Andreas Otto Alfred / 14.03.2020

Es ist schon beeindruckend, mit welchen Rezepten die Knalltüten in Berlin, diesmal die Märkte stabilisieren wollen. Plus die geballte Wirtschaftskompetenz von Ferdi mit ihrem Konsumptjebon Vorschlag. Wenn mir jetzt noch eine dieser Koniphären erklärt, wie ich mit dem Geld, das ich vorher nicht erwirtschaftet habe, anschliessend die unbegrenzten Kredite zurück zahle, dann beantrage ich kurzfristig unbegrenzt. In der jetzigen Bedrohungslage wäre aus meiner Sicht eher ein Kredit mit Husarenvaluta (nach dem Lied “es war einmal ein treuer Husar” mit dem Refrain ” ein ganzes Jahr und noch vielmehr”) angebracht, oder auch nachdem die deutsche Wiedervereinigung bereits Geschichte geworden ist, Rückzahlung bis zur Wiedervereinigung von Korea oder Zypern. Immerhin, für Unterhaltung ist gesorgt.

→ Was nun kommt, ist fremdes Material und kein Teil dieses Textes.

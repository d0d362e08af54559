//! Calls that take no memory.

use super::{NumberMap, assert_same, lent, map_of, metered, size_of};
use flurry_base::hash::LowHashBuilder;
use flurry_bins::bin::{Ordered, Shape};
use metered_alloc::MeteredAlloc;
use std::alloc::{Allocator, Global};
use std::process::Abort;

// Reads the map of nine pairs.
fn reads<A: Allocator + Copy>(rt: &impl Abort, map: &NumberMap<LowHashBuilder, A>) {
    assert_same(rt, lent(map.get(&3)), Some(3));
    assert_same(
        rt,
        map.get_key_value(&3).is_some() && map.contains_key(&4),
        true,
    );
    let counts = (map.iter().count(), map.keys().count(), map.values().count());
    assert_same(rt, counts, (9, 9, 9));
    assert_same(rt, map.shape_of(3), Shape::List(1));
}

// Removes pairs from the map, and at last all of them.
fn removes<A: Allocator + Copy>(rt: &impl Abort, map: &mut NumberMap<LowHashBuilder, A>) {
    assert_same(
        rt,
        map.remove(&3).is_some() && map.remove_entry(&4).is_some(),
        true,
    );
    assert_same(rt, size_of(map), (16, 7));
    map.retain(|_: &u64, value: &u64| *value < 9);
    map.retain_force(|key: &u64, _: &u64| *key > 1);
    assert_same(rt, size_of(map), (16, 5));
    map.clear();
    assert_same(rt, map.is_empty(), true);
}

// Takes the map apart into its bins.
fn gives_its_bins<A: Allocator + Copy>(rt: &impl Abort, map: NumberMap<LowHashBuilder, A>) {
    let (bins, _) = map.into_bins();
    assert_same(rt, bins.len(), 16);
    assert_same(rt, bins.iter().filter(|bin| bin.len() > 0).count(), 9);
}

// Makes these calls of two equal maps while every request fails.
fn takes_no_memory<A: Allocator + Copy>(
    rt: &impl Abort,
    metered: &MeteredAlloc<Global>,
    memory: A,
) {
    let mut map = map_of(rt, memory, 9);
    let other = map_of(rt, memory, 9);
    metered.refuse_from(0);
    reads(rt, &map);
    assert_same(rt, map == other, true);
    removes(rt, &mut map);
    gives_its_bins(rt, other);
}

#[test]
fn calls_that_take_no_memory(rt: HostRuntime) {
    let rt = &rt;
    let memory = metered(rt, rt.alloc());
    takes_no_memory(rt, memory, memory);
    assert_same(rt, memory.requests(), 0);
}
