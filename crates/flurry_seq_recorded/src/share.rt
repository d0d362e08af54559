//! What one caller of a recorded map keeps of its calls.
ghost use Rattle.std.specs.Prelude.{◌≡◌, [], is_some, MatchOption, slice_get, slice_set};
ghost use Rattle.flurry_seq_recorded.specs.Shares.{share_contents, with_receipts, receipt};

use crate::kept::KeptCall;
use flurry_base::reply::KeptReply;
use std::alloc::{Allocator, Global};
use std::marker::Model;

/// A receipt: what a caller keeps of one call.
///
/// ```
/// let last: &Receipt<u64, u64> = share.receipts().last()?;
/// Some(last.place)
/// ```
#[derive(Clone, Copy, Debug, PartialEq, Eq)]
pub struct Receipt<K, V> {
    /// The place of the call in the history, counted from 0.
    pub place: usize,
    /// The call.
    pub call: KeptCall<K, V>,
    /// The reply that the caller received.
    pub reply: KeptReply<K, V>,
}

/// One caller's part in a recorded map: its number, and a receipt of each of its calls, in the order of the calls.
///
/// ```
/// map.insert(rt, share, key, value)?;
/// Ok(())
/// ```
#[derive(Drop)]
pub struct Share<K, V, A: Allocator = Global> {
    number: usize,
    pub(crate) receipts: Vec<Receipt<K, V>, A>,
}

impl<K, V, A: Allocator> Model for Share<K, V, A> {
    ghost use Rattle.flurry_seq_recorded.specs.Shares.{ShareContents, share_contents};

    ghost Value = { ShareContents K V };

    ghost view = { λ s. share_contents s.number s.receipts.items };
}

impl<K: Copy, V: Copy, A: Allocator> Share<K, V, A> {
    // A share with the number `number` and no receipts.
    pub(crate) fn new(alloc: A, number: usize) -> Self
        ensures { result ≡ share_contents number [] }
    {
        Share {
            number,
            receipts: Vec::new(alloc),
        }
    }

    /// Returns the number of the share. The shares of one map are numbered from 0.
    ///
    /// Constant time.
    pub fn number(&self) -> usize
        ensures { result ≡ self.now.number }
    {
        self.number
    }

    /// Returns the receipts, in the order of the calls.
    ///
    /// Constant time.
    pub fn receipts(&self) -> &[Receipt<K, V>]
        ensures { result.now ≡ self.now.receipts }
    {
        &self.receipts
    }

    /// Replaces the place and the reply of the receipt at index `at`. Returns `true` if there is such a receipt; otherwise nothing changes.
    /// No recorded call does this: it is for tests with damaged receipts.
    ///
    /// Constant time. Takes no memory.
    pub fn replace_receipt(&mut self, at: usize, place: usize, reply: KeptReply<K, V>) -> bool
        ensures found { result ≡ is_some (slice_get self.old.receipts at) }
        ensures after { MatchOption (slice_get self.old.receipts at) (self.new ≡ self.old)
            (λ r. self.new ≡ with_receipts self.old
            (slice_set self.old.receipts at (receipt place r.call reply))) }
    {
        if at >= self.receipts.len() {
            return false;
        }
        let call = self.receipts[at].call;
        self.receipts[at] = Receipt { place, call, reply };
        true
    }
}
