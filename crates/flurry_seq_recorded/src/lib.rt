//! A map that records its calls.
//!
//! [`Recorded`] is an owned map under one lock, with a history of its calls. Each thread calls it through a [`Share`] of its own, which
//! keeps a receipt of each call: the call, its reply, and its place in the history. The history is that of a single owner: its calls, made
//! one after another on an empty map, give the recorded replies and leave the map. So once [`Recorded::close`] has found each receipt in
//! the history, the replies that all threads received are those of one map, and each thread's calls are in the history in the thread's own
//! order.
#![tactic(auto)]

pub mod book;
mod checks;
pub mod closed;
pub mod kept;
pub mod recorded;
mod replies;
pub mod share;

pub use book::Book;
pub use closed::{CloseFault, Closed};
pub use flurry_base::reply::KeptReply;
pub use kept::{KeptCall, KeptEntry};
pub use recorded::Recorded;
pub use share::{Receipt, Share};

Hans-Peter Dollhopf / 14.03.2020

Herr Dom, Sie schreiben: “Es gibt hier einige, die erklären dass Corona das Vehikel ist, um die große Transformation voranzutreiben.” (Ihr Leserbrief, #43). Das ist wohl falsch. Denn ich habe mir erlaubt, die Suchfunktion auf alle 42 Komemntare vor Ihrem mit der Suche nach der Zeichenkette “transf” anzuwenden. Und es gab nur einen einzigen Treffer. Und der beinhaltende Satz lautete ganz lapidar: “Jeder Hysteriker arbeitet mit, an der großen gesellschaftlichen Transformation.” Wir brauchen hier keine Gerüchte. Darum eine Bitte an Sie! Wenn Sie in Zukunft zu einem Leserbrief etwas zu bemerken haben, richten Sie sich direkt an die Person/en, etwa so: “Herr/Frau XY, Sie schreiben, dass Corona das Vehikel ist, um die große Transformation voranzutreiben. Bitte erläutern Sie mir das genauer!” Ich bitte Sie darum, meinen Ratschlag in Zukunft zu berücksichtigen, danke! Hans-Peter Dollhopf

Rolf Menzen / 14.03.2020

@Sabine Schönfelder: Erzählen Sie das mal den Menschen in Norditalien, so mit “harmloses Virus” und so. Die werden Ihnen bestimmt begeistert zustimmen.